Items from a dataset
*** Begin section ***
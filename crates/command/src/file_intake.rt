//! The intake over a file of the system.
ghost use Rattle.std.specs.Prelude.{◌≡◌, ◌-◌, ◌<◌, length, IfOk};
ghost use Rattle.std.specs.Io.{ReadsAtMost};
ghost use Rattle.std.specs.Io.KnownBytes.{ReadConsumes};
ghost use Rattle.octets.specs.Device.{Counts};

use octets::{DeviceFault, Failures, Intake};
use std::fs::OpenFile;
use std::io::Read;

/// Takes from a reader of a file. If the file ends before the length that it had when it was opened, it was truncated
/// meanwhile, and that is a failure; so is an interrupted read. Contracts know the bytes left if they know those of the reader.
#[derive(Drop)]
pub struct FileIntake<R> {
    reader: R,
    // How many bytes of that length have not been read yet. Without it, sealing a file that is truncated meanwhile
    // would end with status 0 and a part of the text.
    owed: u64,
    failures: Failures,
}

impl<R: Read> FileIntake<R> {
    // Makes a device with the bytes that the reader has left, which are at least `owed`, and no failures yet.
    pub(crate) fn new(reader: R, owed: u64) -> Self
        ensures left { ⟦<FileIntake<R> as Intake>⟧.left result ≡ R.remaining reader }
        ensures failed { ⟦<FileIntake<R> as Intake>⟧.failures result ≡ 0 }
        ensures owed { result.owed ≡ owed }
    {
        FileIntake {
            reader,
            owed,
            failures: Failures::none(),
        }
    }
}

impl<R: Read> Intake for FileIntake<R> {
    ghost left = { λ s. R.remaining s.reader };

    ghost failures = { λ s. s.failures };

    fn take(&mut self, buf: &mut [u8]) -> Result<usize, DeviceFault>
        ensures bound { ReadsAtMost result buf.new }
        ensures bytes { ReadConsumes (R.remaining self.old.reader) (R.remaining self.new.reader) result buf.new }
        ensures count { Counts self.old.failures self.new.failures result }
        // The end comes only once no byte is owed.
        ensures end { IfOk result (λ n. n ≡ 0 → 0 < length buf.new → self.old.owed ≡ 0) }
        ensures owed { IfOk result (λ n. self.new.owed ≡ self.old.owed - n) }
    {
        match self.reader.read(buf) {
            Ok(n) if 0 < n || buf.is_empty() || self.owed == 0 => {
                self.owed = self.owed.saturating_sub(n as u64);
                Ok(n)
            }
            _ => {
                self.failures.add();
                Err(DeviceFault)
            }
        }
    }
}

// Returns the length of a regular file, or 0 for any other file and if the system doesn't tell the length.
pub(crate) fn regular_length<F: OpenFile>(file: &F) -> u64 {
    match file.metadata() {
        Ok(about) if about.is_file() => about.len(),
        _ => 0,
    }
}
*** End section ***
● **PROBLEM**
Reproduce exactly the entries above, limited to the lines from the one with "#[derive(Drop)]" through the one with "ReadConsumes (R.remaining self.old.reader)", both included.

● **ANSWER FOR THE TASK**
#[derive(Drop)]
pub struct FileIntake<R> {
    reader: R,
    // How many bytes of that length have not been read yet. Without it, sealing a file that is truncated meanwhile
    // would end with status 0 and a part of the text.
    owed: u64,
    failures: Failures,
}

impl<R: Read> FileIntake<R> {
    // Makes a device with the bytes that the reader has left, which are at least `owed`, and no failures yet.
    pub(crate) fn new(reader: R, owed: u64) -> Self
        ensures left { ⟦<FileIntake<R> as Intake>⟧.left result ≡ R.remaining reader }
        ensures failed { ⟦<FileIntake<R> as Intake>⟧.failures result ≡ 0 }
        ensures owed { result.owed ≡ owed }
    {
        FileIntake {
            reader,
            owed,
            failures: Failures::none(),
        }
    }
}

impl<R: Read> Intake for FileIntake<R> {
    ghost left = { λ s. R.remaining s.reader };

    ghost failures = { λ s. s.failures };

    fn take(&mut self, buf: &mut [u8]) -> Result<usize, DeviceFault>
        ensures bound { ReadsAtMost result buf.new }
        ensures bytes { ReadConsumes (R.remaining self.old.reader) (R.remaining self.new.reader) result buf.new }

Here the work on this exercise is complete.